EXERCISE AIM:
A line below contains "pub fn are_finished(platforms: &[Platform])", and a later one contains "pub fn was_quiet(platform: &Platform) -> bool". Repeat both, with every line between them, exactly.

(Saved data entries)
● ● ● ● ●
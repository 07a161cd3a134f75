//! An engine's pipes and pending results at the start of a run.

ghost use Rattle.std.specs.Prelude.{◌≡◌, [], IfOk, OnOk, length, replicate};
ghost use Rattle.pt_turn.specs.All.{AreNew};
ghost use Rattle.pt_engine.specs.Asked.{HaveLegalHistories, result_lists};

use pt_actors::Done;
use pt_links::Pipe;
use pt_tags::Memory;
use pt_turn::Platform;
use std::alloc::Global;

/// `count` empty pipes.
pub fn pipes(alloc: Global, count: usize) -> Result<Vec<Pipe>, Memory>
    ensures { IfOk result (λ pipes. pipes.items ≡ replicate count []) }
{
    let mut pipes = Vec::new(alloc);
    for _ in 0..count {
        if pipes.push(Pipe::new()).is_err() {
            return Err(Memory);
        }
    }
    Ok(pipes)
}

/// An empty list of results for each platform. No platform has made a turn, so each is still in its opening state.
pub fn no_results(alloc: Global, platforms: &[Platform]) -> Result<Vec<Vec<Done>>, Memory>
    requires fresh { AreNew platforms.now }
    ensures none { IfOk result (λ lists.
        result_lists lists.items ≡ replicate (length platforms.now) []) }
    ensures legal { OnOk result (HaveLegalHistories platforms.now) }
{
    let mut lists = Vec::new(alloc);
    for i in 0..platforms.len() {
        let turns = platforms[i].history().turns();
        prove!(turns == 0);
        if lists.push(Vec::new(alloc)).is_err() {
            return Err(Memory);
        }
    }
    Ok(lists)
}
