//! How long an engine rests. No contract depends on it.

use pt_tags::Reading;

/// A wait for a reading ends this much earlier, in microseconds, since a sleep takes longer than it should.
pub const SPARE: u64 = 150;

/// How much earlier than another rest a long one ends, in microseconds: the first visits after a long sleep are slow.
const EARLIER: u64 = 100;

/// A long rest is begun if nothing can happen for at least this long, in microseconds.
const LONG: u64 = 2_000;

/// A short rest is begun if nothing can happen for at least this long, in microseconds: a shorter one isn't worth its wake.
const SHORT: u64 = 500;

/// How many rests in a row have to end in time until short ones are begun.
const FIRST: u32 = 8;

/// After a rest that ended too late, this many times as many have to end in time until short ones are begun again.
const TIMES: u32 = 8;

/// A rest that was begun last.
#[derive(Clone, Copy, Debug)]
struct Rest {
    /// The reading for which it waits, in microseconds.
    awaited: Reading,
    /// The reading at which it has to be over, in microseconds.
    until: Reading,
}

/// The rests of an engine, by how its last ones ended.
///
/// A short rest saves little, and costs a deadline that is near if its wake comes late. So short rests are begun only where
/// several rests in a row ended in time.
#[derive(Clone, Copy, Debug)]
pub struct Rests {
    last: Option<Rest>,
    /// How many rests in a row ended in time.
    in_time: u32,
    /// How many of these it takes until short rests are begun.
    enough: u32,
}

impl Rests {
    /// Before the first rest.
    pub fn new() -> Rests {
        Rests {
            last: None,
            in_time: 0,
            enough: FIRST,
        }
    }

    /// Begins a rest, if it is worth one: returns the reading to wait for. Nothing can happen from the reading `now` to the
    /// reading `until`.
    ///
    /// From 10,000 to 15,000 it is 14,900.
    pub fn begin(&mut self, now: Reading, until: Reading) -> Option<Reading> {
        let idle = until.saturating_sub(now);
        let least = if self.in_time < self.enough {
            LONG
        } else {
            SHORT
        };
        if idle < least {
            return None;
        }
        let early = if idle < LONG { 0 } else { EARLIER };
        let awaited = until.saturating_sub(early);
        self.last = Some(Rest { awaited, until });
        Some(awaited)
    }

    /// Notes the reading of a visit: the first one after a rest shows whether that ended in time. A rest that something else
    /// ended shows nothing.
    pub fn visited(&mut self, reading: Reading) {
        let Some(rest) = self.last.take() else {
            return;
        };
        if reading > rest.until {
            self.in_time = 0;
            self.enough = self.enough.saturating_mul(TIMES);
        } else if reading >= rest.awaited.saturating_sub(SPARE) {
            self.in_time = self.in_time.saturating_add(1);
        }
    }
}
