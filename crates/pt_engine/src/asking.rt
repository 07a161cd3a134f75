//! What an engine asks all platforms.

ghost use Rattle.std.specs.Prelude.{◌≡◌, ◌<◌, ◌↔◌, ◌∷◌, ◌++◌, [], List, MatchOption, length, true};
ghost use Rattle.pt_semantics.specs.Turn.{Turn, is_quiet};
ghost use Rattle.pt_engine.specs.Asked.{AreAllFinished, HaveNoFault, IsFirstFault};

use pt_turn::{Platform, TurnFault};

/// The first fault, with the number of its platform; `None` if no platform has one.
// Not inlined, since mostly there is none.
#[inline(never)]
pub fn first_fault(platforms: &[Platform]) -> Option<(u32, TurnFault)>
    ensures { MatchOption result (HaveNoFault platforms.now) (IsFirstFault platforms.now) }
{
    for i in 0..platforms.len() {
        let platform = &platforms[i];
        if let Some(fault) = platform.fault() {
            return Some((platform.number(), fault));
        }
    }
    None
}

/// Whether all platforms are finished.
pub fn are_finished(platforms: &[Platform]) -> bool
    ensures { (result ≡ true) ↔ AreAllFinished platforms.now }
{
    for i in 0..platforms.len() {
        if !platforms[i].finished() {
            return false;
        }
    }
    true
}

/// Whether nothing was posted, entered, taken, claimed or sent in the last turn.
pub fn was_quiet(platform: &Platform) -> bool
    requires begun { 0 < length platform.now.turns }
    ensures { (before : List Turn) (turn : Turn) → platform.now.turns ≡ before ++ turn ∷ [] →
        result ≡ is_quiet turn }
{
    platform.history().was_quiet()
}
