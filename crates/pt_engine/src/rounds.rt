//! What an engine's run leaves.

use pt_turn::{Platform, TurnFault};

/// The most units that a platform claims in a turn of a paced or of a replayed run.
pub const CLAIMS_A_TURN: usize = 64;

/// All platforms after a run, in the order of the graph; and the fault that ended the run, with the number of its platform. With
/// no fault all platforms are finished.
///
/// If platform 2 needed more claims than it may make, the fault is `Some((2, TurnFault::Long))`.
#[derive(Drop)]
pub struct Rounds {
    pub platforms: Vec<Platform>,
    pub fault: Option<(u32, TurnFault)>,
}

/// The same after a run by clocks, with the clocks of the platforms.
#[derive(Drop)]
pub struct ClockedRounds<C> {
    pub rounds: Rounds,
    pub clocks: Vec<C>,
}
● ● ● ● ●
OUTPUT FOR THIS EXERCISE:
pub fn are_finished(platforms: &[Platform]) -> bool
    ensures { (result ≡ true) ↔ AreAllFinished platforms.now }
{
    for i in 0..platforms.len() {
        if !platforms[i].finished() {
            return false;
        }
    }
    true
}

/// Whether nothing was posted, entered, taken, claimed or sent in the last turn.
pub fn was_quiet(platform: &Platform) -> bool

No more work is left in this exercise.